Research probes why COVID-19 seems to spare young children
By Bill Snyder
Lung disease experts at Vanderbilt University Medical Center and their colleagues have determined a key factor as to why COVID-19 appears to infect and sicken adults and older people preferentially while seeming to spare younger children.
The researchers discovered that children have lower levels of an enzyme the virus needs to invade airway epithelial cells in the lung. Their preliminary findings, has been posted online by the preprint server bioRxiv, suggest that blocking this enzyme potentially could prevent COVID-19 infection in older people.
There is still much to learn about SARS-CoV-2, the one-stranded RNA virus that causes COVID-19, said Jonathan Kropski, MD, assistant professor of Medicine and Cell & Developmental Biology in the Vanderbilt University School of Medicine, who led the study with Jennifer Sucre, MD.
But this much we do know: After a viral particle is inhaled into the lungs, protein “spikes” that stick out of its surface like nail studs in a soccer ball attach to a receptor called ACE2 on the surfaces of certain types of lung cells.
A cellular enzyme called a protease chops up the spike protein, enabling the virus to fuse into the cell membrane and “break into” the cell. Once inside, the virus hijacks the cell’s genetic machinery to make copies of its RNA.
Sucre and Kropski wondered whether levels of ACE2 and the protease, called TMPRSS2, change during lung development. If infants and children express less of these proteins, maybe that’s why they seem to be less vulnerable than older people to severe illness if they are exposed to SARS-CoV-2.
The researchers were well suited to investigate that possibility. As members of the international Human Cell Atlas (HCA) Lung Biological Network, they and their colleagues had built a dataset on lung development in the mouse using a technique called single-cell RNA-sequencing.
The technique can detect the expression of genes in individual cells of tissues such as the lung.
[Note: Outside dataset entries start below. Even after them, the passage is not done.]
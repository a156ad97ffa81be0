//! Ink painted at a place of a band.
ghost use Rattle.std.specs.Prelude.{◌≡◌, ℕ, ◌<◌, ◌≤◌, ◌^◌, Bool, true, false, ◌+◌, option_map, unwrap_or, length};
ghost use Rattle.vp_dots.specs.Dots.{shifted};
ghost use Rattle.vp_dots.specs.Places.{placed, words_dot, RowsPainted};

use crate::word::paint_word;
use crate::{Band, Ink, Op};
use std::alloc::Allocator;

/// The first row that ink with its top at this row may meet.
fn first_row(top: i64) -> u64
    ensures { (line : ℕ → Bool) → (y : ℕ) → y < result → shifted top line y ≡ false }
{
    if top >= 0 { top.unsigned_abs() } else { 0 }
}

/// The row below the last one that ink of h lines, with its top at this row, may meet.
fn row_below(top: i64, h: u32) -> u64
    ensures { (line : ℕ → Bool) → ((v : ℕ) → line v ≡ true → v < h) → (y : ℕ) → result ≤ y →
        shifted top line y ≡ false }
{
    let far = top.unsigned_abs();
    let h = u64::from(h);
    if top >= 0 {
        far + h
    } else {
        h.saturating_sub(far)
    }
}

/// The line of ink with its top at this row that falls on row y, if there is one.
fn line_on(top: i64, y: u64) -> Option<u32>
    ensures { (line : ℕ → Bool) → ((v : ℕ) → line v ≡ true → v < 2 ^ 32) →
        shifted top line y ≡ unwrap_or (option_map line result) false }
{
    let far = top.unsigned_abs();
    let line = if top >= 0 {
        y.checked_sub(far)?
    } else {
        y.checked_add(far)?
    };
    u32::try_from(line).ok()
}

/// Paints the first `h` words, one on each row from `top` on.
#[inline(always)]
fn paint_words_by<const B: usize, const H: usize, A: Allocator>(
    op: Op,
    words: &[u64],
    h: usize,
    left: i64,
    top: usize,
    band: &mut Band<B, H, A>,
)
    requires few { h ≤ length words.now }
    requires room { top + h ≤ H }
    ensures { RowsPainted H op (words_dot words.now left top h) band.old band.new }
{
    for i in 0..h {
        paint_word(op, words[i], left, band.row_mut(top + i));
    }
}

/// Paints the first h words, each as a row of a band, from a row on and moved by an offset.
pub fn paint_words<const B: usize, const H: usize, A: Allocator>(
    op: Op,
    words: &[u64],
    h: usize,
    left: i64,
    top: usize,
    band: &mut Band<B, H, A>,
)
    requires few { h ≤ length words.now }
    requires room { top + h ≤ H }
    ensures { RowsPainted H op (words_dot words.now left top h) band.old band.new }
{
    match op {
        Op::Black => paint_words_by(Op::Black, words, h, left, top, band),
        Op::White => paint_words_by(Op::White, words, h, left, top, band),
        Op::Flip => paint_words_by(Op::Flip, words, h, left, top, band),
    }
}

/// Applies the operation to the dots of the band where the ink, with its top left place at column `left` of
/// row `top`, has ink.
pub fn paint_at<I: Ink, const B: usize, const H: usize, A: Allocator>(
    ink: &I,
    op: Op,
    left: i64,
    top: i64,
    band: &mut Band<B, H, A>,
)
    ensures { RowsPainted H op (placed left top (I.ink_at ink.now)) band.old band.new }
{
    let (_, h) = ink.size();
    for y in first_row(top)..row_below(top, h).min(H as u64) {
        if let Some(line) = line_on(top, y) {
            ink.paint_row(line, op, left, band.row_mut(y as usize));
        }
    }
}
In this way the researchers were able to track the expression of genes known to be involved in the body’s response to COVID-19 over time.
They found that while the gene for ACE2 was expressed at low levels in the mouse lung, “TMPRSS2 stood out as having a really striking trajectory of increased expression during development,” said Sucre, assistant professor of Pediatrics and Medicine.
The researchers next applied another technique called RNA in situ hybridization, which uses fluorescent probes to visualize how expression of the TMPRSS2 gene increased over time in specific types of epithelial cells that line the lungs.
With the help of VUMC pathologists, the researchers obtained and analyzed human lung specimens collected from donors of different ages, and confirmed a similar trajectory in TMPRSS2 expression to what they’d found in mice.
Finally the researchers used fluorescent probes to analyze an autopsy specimen from a patient who had died from COVID-19. They found the virus in three types of cells that express TMPRSS2. In essence, Sucre said, they caught the virus “red-handed,” at the scene of the “crime.”
These findings, the researchers concluded, “underscore the opportunity to consider TMPRSS2 inhibition as a potential therapeutic target for SARS-CoV-2.”
In a previous study of the first SARS virus, which caused a worldwide outbreak in 2002, researchers from Japan reported that a combination of protease inhibitors prevented the virus from entering human bronchial epithelial cells grown in the laboratory.
Kropski said much of the background work for this paper was built upon the collaborative efforts of the Human Cell Atlas (HCA) Lung Biological Network.
The Vanderbilt COVID-19 Consortium Cohort, a multi-disciplinary effort to understand more fully why some people are at greater risk of COVID-19 infection and illness, also aided in the acquisition and analysis of human tissues, he said.
Bryce Schuler, MD, PhD, a postdoctoral fellow in Pediatrics and Genetics at VUMC, is the paper’s first author.
Other Vanderbilt co-authors are A. Christian Habermann, Erin Plosa, MD, Chase Taylor, Christopher Jetter, Meghan Kapp, MD, John Benjamin, MD, MPH, Peter Gulleman, David Nichols, Susan Guttentag, MD, Timothy Blackwell, MD, and Steven Webber, MD.
The research was supported by several grants from National Institutes of Health.